How many lines in the records below hold the word "Memory"? Answer with the number alone.

Collected data
:::::

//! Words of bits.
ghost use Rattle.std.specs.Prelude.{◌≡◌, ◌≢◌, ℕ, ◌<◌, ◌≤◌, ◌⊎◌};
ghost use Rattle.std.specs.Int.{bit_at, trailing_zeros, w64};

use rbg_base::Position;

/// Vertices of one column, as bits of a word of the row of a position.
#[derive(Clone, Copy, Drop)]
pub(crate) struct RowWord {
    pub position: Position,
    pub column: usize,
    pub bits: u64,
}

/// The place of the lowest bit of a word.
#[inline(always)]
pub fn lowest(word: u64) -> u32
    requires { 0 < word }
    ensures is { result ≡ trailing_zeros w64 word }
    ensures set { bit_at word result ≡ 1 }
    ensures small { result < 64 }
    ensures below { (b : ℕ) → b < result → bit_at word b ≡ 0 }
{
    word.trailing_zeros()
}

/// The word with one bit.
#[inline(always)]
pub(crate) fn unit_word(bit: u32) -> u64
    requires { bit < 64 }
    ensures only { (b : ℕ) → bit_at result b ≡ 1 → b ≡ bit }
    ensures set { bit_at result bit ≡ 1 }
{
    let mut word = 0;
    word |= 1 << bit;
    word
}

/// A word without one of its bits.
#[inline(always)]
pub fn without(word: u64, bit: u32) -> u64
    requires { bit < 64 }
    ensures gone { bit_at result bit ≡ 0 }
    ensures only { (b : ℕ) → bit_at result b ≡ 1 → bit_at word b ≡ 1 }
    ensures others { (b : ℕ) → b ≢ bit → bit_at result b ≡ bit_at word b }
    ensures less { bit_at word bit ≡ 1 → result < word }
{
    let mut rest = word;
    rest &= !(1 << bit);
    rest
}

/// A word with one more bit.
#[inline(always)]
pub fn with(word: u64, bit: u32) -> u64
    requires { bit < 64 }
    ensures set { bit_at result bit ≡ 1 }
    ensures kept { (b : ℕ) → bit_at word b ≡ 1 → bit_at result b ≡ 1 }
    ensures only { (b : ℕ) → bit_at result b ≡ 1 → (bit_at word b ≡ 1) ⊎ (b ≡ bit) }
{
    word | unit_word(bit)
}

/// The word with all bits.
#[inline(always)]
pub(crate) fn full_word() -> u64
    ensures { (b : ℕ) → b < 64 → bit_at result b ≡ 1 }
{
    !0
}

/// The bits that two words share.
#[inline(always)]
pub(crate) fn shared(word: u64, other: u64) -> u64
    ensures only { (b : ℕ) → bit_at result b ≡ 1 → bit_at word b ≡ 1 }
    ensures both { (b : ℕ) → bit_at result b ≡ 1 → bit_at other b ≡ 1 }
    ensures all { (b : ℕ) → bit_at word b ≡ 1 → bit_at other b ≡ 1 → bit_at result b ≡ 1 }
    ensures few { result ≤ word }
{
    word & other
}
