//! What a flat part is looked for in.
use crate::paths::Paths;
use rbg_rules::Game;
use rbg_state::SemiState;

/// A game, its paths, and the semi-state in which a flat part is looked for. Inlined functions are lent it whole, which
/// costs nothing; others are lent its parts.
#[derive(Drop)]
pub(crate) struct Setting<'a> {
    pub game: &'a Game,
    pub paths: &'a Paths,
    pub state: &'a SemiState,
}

:::::

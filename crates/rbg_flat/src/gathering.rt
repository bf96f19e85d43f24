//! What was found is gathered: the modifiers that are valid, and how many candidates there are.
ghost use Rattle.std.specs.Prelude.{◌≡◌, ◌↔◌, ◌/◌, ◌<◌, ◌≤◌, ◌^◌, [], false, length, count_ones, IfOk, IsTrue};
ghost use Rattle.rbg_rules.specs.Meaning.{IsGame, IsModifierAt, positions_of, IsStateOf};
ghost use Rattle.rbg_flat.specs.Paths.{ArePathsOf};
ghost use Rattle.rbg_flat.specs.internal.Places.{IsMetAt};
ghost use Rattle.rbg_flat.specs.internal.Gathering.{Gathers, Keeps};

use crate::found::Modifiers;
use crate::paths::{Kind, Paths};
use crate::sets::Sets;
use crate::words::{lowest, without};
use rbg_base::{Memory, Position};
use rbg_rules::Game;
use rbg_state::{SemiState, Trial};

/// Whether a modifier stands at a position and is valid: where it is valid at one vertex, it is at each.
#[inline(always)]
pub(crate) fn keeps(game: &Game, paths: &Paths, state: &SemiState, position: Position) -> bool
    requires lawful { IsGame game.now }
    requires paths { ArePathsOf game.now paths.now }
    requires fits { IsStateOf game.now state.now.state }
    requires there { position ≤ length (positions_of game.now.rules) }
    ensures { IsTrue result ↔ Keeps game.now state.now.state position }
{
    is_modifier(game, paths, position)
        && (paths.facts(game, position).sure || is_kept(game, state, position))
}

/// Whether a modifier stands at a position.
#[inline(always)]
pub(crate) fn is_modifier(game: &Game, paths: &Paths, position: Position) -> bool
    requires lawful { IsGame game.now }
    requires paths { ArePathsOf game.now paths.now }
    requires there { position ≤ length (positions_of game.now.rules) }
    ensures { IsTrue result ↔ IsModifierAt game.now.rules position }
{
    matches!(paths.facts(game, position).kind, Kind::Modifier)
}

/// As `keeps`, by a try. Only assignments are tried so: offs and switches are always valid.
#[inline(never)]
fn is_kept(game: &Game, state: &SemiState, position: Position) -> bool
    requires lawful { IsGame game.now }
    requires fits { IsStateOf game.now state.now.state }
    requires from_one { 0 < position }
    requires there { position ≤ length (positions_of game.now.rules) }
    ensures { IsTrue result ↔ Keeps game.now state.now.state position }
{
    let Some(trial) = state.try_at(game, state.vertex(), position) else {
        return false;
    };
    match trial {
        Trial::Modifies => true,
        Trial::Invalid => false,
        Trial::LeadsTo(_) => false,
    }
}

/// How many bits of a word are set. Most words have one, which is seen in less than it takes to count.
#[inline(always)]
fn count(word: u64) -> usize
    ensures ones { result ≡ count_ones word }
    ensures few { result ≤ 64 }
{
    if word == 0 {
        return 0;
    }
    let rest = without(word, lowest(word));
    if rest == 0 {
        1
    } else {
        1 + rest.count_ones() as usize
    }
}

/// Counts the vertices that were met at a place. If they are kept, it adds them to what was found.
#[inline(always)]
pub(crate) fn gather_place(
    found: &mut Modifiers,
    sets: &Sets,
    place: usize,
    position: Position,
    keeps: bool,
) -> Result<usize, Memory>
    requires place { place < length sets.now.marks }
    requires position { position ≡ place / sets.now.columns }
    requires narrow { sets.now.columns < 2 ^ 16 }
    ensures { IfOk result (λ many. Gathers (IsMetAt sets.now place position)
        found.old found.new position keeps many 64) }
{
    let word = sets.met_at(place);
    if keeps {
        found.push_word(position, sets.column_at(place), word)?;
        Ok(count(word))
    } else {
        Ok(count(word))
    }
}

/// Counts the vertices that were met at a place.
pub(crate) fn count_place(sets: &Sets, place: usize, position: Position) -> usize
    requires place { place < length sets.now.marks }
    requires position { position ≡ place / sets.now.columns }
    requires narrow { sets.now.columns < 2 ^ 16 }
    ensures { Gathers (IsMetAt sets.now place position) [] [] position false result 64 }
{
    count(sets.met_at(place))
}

:::::

PROBLEM SOLUTION — 2